I decided to try a plan that had worked on previous
occasions when I had found myself threatened with fines. I refused to give and
offer the bribe I knew he wanted. I told him my plan.
“We can call the police chief in Babati, he knows me, we’re
good friends. He’ll confirm that I have purchased the sticker, just call him
and he’ll explain the whole situation.”
The officer looked at my face for several seconds in silence
before responding, “Ok, so call him.”
That was not the reaction I had expected. I thought the initial suggestion that I was a
friend of the police chief and that I had the ability to call him would be
enough to get me on my way. The fact is, my statement was a bit of a stretch.
Even though I have met the police chief, we are not friends, and I do not have
his phone number. I explained to the officer that I don’t currently possess the
chief’s number and I can’t call at the moment.
“Fine, again, you arrested,” He repeated.
I moved on to plan two.
At this point he is leaning inside the passenger window. He
speaks in Swahili again, “Sawa, tutaenda polici pamoja sasa hivi” (Ok, we will
go to the police station right now together.
I responded in English, “I don’t know those words, I am only
beginning with Swahili, you will have to explain in English, I don’t
understand.
Seeing his awkwardness with English, Plan two was to make
him use it to explain everything. I had hoped that eventually he would feel
uncomfortable and inadequate with his language skills, frustrating him to the
point of letting me go. If I am to be arrested then he must be able to explain
why in English.
“You are arrested, you take me to police station now,” He
continues to demand behind the locked door of the Land Cruiser.
I reiterate, again in English, “Arrested? What is arrested?
You say I have no sticker. Now you say I have no arrested? What is arrested? Do
I need to buy an arrested too?”
He is getting more and more frustrated, “No, you arrested.
No sticker, you arrested.”
I respond again, “I can buy an arrested, but I don’t know
what that is. Is it an English word or Swahili word? Where can I buy this
arrested so I can go home?”
This basic pattern of conversation continued for nearly five
minutes. His demand to go to the police station was always followed by my bewildered
questions and he was becoming increasingly flustered.
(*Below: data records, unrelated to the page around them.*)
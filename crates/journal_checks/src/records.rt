// Records of each kind: their bytes, and what is refused.
use journal::{
    Certificate, CertificateFields, Fault, FirstAttempt, Layer, Notice, NoticeFields, Place,
    Placed, Quantity, Reader, Record, RecordKind, Sequence, SequenceFields, Signal,
    ThreeStepFields, write_record,
};
use method::{Question, Verdict};
use std::process::Abort;

// The record is written as these bytes and no others are touched, and they are read as the record.
fn stands_for(rt: &impl Abort, record: Record, bytes: &[u8]) {
    assert!(rt; bytes.len() <= 15);
    let mut journal = [0xaa; 17];
    assert_eq!(rt; write_record(&mut journal, 1, &record), Ok(bytes.len()));
    assert_eq!(rt; journal[0], 0xaa);
    assert_eq!(rt; &journal[1..1 + bytes.len()], bytes);
    assert_eq!(rt; journal[1 + bytes.len()], 0xaa);
    let place = Place {
        ordinal: 1,
        first_byte: 0,
    };
    assert_eq!(rt;
        Reader::new(bytes).next(),
        Ok(Some(Placed { place, record }))
    );
}

// The record is not written, by that question, and no byte is touched.
fn refused(rt: &impl Abort, record: Record, place: usize, question: Question) {
    let mut journal = [0xaa; 8];
    assert_eq!(rt; write_record(&mut journal, place, &record), Err(question));
    assert_eq!(rt; journal, [0xaa; 8]);
}

// The byte is not read, by that question of that layer.
fn fails(rt: &impl Abort, byte: u8, question: Question, layer: Layer) {
    let place = Place {
        ordinal: 1,
        first_byte: 0,
    };
    assert_eq!(rt;
        Reader::new(&[byte]).next(),
        Err(Fault {
            question,
            layer,
            place,
        })
    );
}

fn notice(failed: Signal) -> Record {
    Record::Notice(NoticeFields { failed })
}

fn three_step(sum: i32) -> Record {
    Record::ThreeStep(ThreeStepFields {
        point: 1,
        settling_codes: 0,
        tolerance: 1,
        sum,
    })
}

fn certificate(closed: i32, unfit: i32, verdict: Verdict) -> Record {
    Record::Certificate(CertificateFields {
        declared: 999,
        closed,
        unfit,
        verdict,
        codes_accepted: 295_704,
    })
}

fn least_sequence() -> SequenceFields {
    SequenceFields {
        point: 1,
        first_attempt: FirstAttempt::Absent,
        observations: 1,
        outs: 0,
        sequence: Verdict::Unfit,
        quantity: Quantity::NotAsked,
        wild: false,
        dominance: false,
        verdict: Verdict::Unfit,
        settling_codes: 0,
        tolerance: 1,
        sum: -96_000,
        squares: 0,
    }
}

fn greatest_sequence() -> SequenceFields {
    SequenceFields {
        point: 999,
        first_attempt: FirstAttempt::ShortUnfit,
        observations: 48,
        outs: 48,
        sequence: Verdict::Fit,
        quantity: Quantity::Unfit,
        wild: true,
        dominance: true,
        verdict: Verdict::Fit,
        settling_codes: 200,
        tolerance: 10_000_000,
        sum: 96_000,
        squares: 192_000_000,
    }
}

// Kind 0100, then the signal in two bits, then two fill bits.
#[test]
fn notices(rt: HostRuntime) {
    stands_for(&rt, notice(Signal::Inspection), &[0x44]);
    stands_for(&rt, notice(Signal::Trial), &[0x48]);
    stands_for(&rt, notice(Signal::Insulation), &[0x4c]);
}

// 0100 10 01: the fill is not zero. 0100 00 00: there is no signal 0. 1001: there is no kind 9; nor is there a kind 0.
#[test]
fn faults(rt: HostRuntime) {
    fails(&rt, 0x49, Question::FillZero, Layer::Bits);
    fails(&rt, 0x40, Question::FieldsInRange, Layer::Field);
    fails(&rt, 0x90, Question::RecordKindKnown, Layer::Kind);
    fails(&rt, 0x00, Question::RecordKindKnown, Layer::Kind);
    fails(&rt, 0x41, Question::FillZero, Layer::Bits);
    fails(&rt, 0x10, Question::AllBytesThere, Layer::Kind);
}

// Kind 0010, point 0000000001, settling 00000000, D 24 bits with a 1 at their end, and the 18 bits of S:
// -96,000 is 2^18 - 96,000 = 166,144 = 10 10001001 00000000; -1 is all ones; 96,000 is 01 01110111 00000000.
#[test]
fn sums_in_twos_complement(rt: HostRuntime) {
    stands_for(
        &rt,
        three_step(-96_000),
        &[0x20, 0x04, 0, 0, 0, 0x06, 0x89, 0x00],
    );
    stands_for(
        &rt,
        three_step(-1),
        &[0x20, 0x04, 0, 0, 0, 0x07, 0xff, 0xff],
    );
    stands_for(&rt, three_step(0), &[0x20, 0x04, 0, 0, 0, 0x04, 0x00, 0x00]);
    stands_for(
        &rt,
        three_step(96_000),
        &[0x20, 0x04, 0, 0, 0, 0x05, 0x77, 0x00],
    );
}

// 0010 1111100111 11001000 100110001001011010000000 010111011100000000: point 999, settling 200, D 10,000,000, S 96,000.
#[test]
fn greatest_three_step(rt: HostRuntime) {
    let fields = ThreeStepFields {
        point: 999,
        settling_codes: 200,
        tolerance: 10_000_000,
        sum: 96_000,
    };
    stands_for(
        &rt,
        Record::ThreeStep(fields),
        &[0x2f, 0x9f, 0x22, 0x62, 0x5a, 0x01, 0x77, 0x00],
    );
}

// Least: 0001 0000000001 000 000001 000000 0 00 0 0 0, settling 0, D 1, S 101000100100000000, Q 0, seven fill bits.
// Greatest: 0001 1111100111 011 110000 110000 1 10 1 1 1, settling 11001000, D 100110001001011010000000,
// S 010111011100000000, Q 1011011100011011000000000000, seven fill bits.
#[test]
fn sequences(rt: HostRuntime) {
    stands_for(
        &rt,
        Record::Sequence(least_sequence()),
        &[0x10, 0x04, 0x02, 0, 0, 0, 0, 0, 0x34, 0x48, 0, 0, 0, 0, 0],
    );
    stands_for(
        &rt,
        Record::Sequence(greatest_sequence()),
        &[
            0x1f, 0x9d, 0xe1, 0x86, 0xf9, 0x13, 0x12, 0xd0, 0x0b, 0xb8, 0x05, 0xb8, 0xd8, 0, 0,
        ],
    );
}

// Least: 0011 0000000001 0000000001 0000000000 1, codes 0, five fill bits.
// Greatest: 0011 1111100111 1111100111 1111100111 0, codes 295,704 = 000001001000001100011000, five fill bits.
#[test]
fn certificates(rt: HostRuntime) {
    let least = CertificateFields {
        declared: 1,
        closed: 1,
        unfit: 0,
        verdict: Verdict::Fit,
        codes_accepted: 0,
    };
    stands_for(
        &rt,
        Record::Certificate(least),
        &[0x30, 0x04, 0x01, 0, 0x20, 0, 0, 0],
    );
    stands_for(
        &rt,
        certificate(999, 999, Verdict::Unfit),
        &[0x3f, 0x9f, 0xe7, 0xf9, 0xc0, 0x90, 0x63, 0x00],
    );
}

// A notice, the greatest certificate and the greatest sequence, each with bytes behind it or one too few.
#[test]
fn apart(rt: HostRuntime) {
    let behind: &[u8] = &[7, 9];
    let none: &[u8] = &[];
    assert_eq!(rt; Notice::apart(&[0x48, 7, 9]), Some((0x48, behind)));
    assert_eq!(rt; Notice::apart(&[0x48]), Some((0x48, none)));
    assert_eq!(rt; Notice::apart(none), None);
    assert_eq!(rt;
        Certificate::apart(&[0x3f, 0x9f, 0xe7, 0xf9, 0xc0, 0x90, 0x63, 0x00, 7, 9]),
        Some((0x3f9f_e7f9_c090_6300, behind))
    );
    assert_eq!(rt; Certificate::apart(&[0x3f; 7]), None);
    assert_eq!(rt;
        Sequence::apart(&[
            0x1f, 0x9d, 0xe1, 0x86, 0xf9, 0x13, 0x12, 0xd0, 0x0b, 0xb8, 0x05, 0xb8, 0xd8, 0, 0, 7,
            9,
        ]),
        Some((0x1f_9de1_86f9_1312_d00b_b805_b8d8_0000, behind))
    );
    assert_eq!(rt; Sequence::apart(&[0x1f; 14]), None);
}

// The range is asked before the room, so also where there is none.
#[test]
fn fields_out_of_range(rt: HostRuntime) {
    let more_outs = SequenceFields {
        outs: 2,
        ..least_sequence()
    };
    refused(
        &rt,
        Record::Sequence(more_outs),
        99,
        Question::FieldsInRange,
    );
    let no_point = SequenceFields {
        point: 0,
        ..least_sequence()
    };
    refused(&rt, Record::Sequence(no_point), 99, Question::FieldsInRange);
    refused(&rt, three_step(-96_001), 0, Question::FieldsInRange);
    refused(&rt, three_step(96_001), 0, Question::FieldsInRange);
    refused(
        &rt,
        certificate(999, 0, Verdict::Unfit),
        0,
        Question::FieldsInRange,
    );
    refused(
        &rt,
        certificate(998, 0, Verdict::Fit),
        0,
        Question::FieldsInRange,
    );
    refused(
        &rt,
        certificate(999, 1, Verdict::Fit),
        0,
        Question::FieldsInRange,
    );
    refused(
        &rt,
        certificate(5, 6, Verdict::Unfit),
        0,
        Question::FieldsInRange,
    );
}

// Eight bytes fit at 0 alone, one byte at 7 but not at the end, past it or at the largest place.
#[test]
fn room(rt: HostRuntime) {
    refused(&rt, three_step(0), 1, Question::FitsBuffer);
    refused(&rt, notice(Signal::Trial), 8, Question::FitsBuffer);
    refused(&rt, notice(Signal::Trial), 9, Question::FitsBuffer);
    refused(&rt, notice(Signal::Trial), usize::MAX, Question::FitsBuffer);
    refused(&rt, three_step(0), usize::MAX, Question::FitsBuffer);
    let mut journal = [0xaa; 8];
    assert_eq!(rt;
        write_record(&mut journal, 7, &notice(Signal::Trial)),
        Ok(1)
    );
    assert_eq!(rt; journal, [0xaa, 0xaa, 0xaa, 0xaa, 0xaa, 0xaa, 0xaa, 0x48]);
    assert_eq!(rt; write_record(&mut journal, 0, &three_step(0)), Ok(8));
}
Over and over again he
kept trying to revert to Swahili to explain. I keep insisted that I did not
understand.
Eventually out of exhaustion and frustration, he stopped talking
and stared at me. He reached in through the open window and pointed his finger
at my face. “Will you be careful?”
I responded, “Absolutely, of course officer.”
“Then you go! Now!”
I could have just driven away. Plan two had been a rousing success.
I was free. But in our conversation the officer began to fascinate me. And to
be quite honest some part of me enjoyed patronizing him. He wasn’t doing his
job. Sure, he could have fined me for the sticker and that would have been
perfectly legal. I would have gladly paid. But to threaten arrest, to try and
coerce me into a bribe? That’s not acceptable. I wanted to understand him, to
see if it was all an act, to see if he really was just some corrupt officer
looking for money.
I asked him his name; I asked him where he was from. He was
Omar, a Muslim from Zanzibar. He had been working here in Arusha for almost seven
years. He had moved to the city for work and now didn’t know if he could ever
go back. But he dreamed of it. He fantasized of someday being able to return to
his extended family and friends. But Arusha is where the money is, so that is
where he is.
I asked more and more questions and listened to his story,
tried to get past the corrupt police officer and to the person underneath. The
more we talked the more his demeanor changed. The scolding, sneering police
officer I had first encountered was now laughing, smiling, and investing in our
conversation. After almost ten minutes he wrote down his contact information
for me and asked that I call him. We joked that someday we would visit Zanzibar
together.
As I pulled away, he stopped me one last time. He reached
over to shake my hand and told me that if anyone else pulled me over, ever, to
call him. He would help me; he would make sure I didn’t have any more problems
like this. I smiled, thanked him, and
waved one last time as I left my new friend.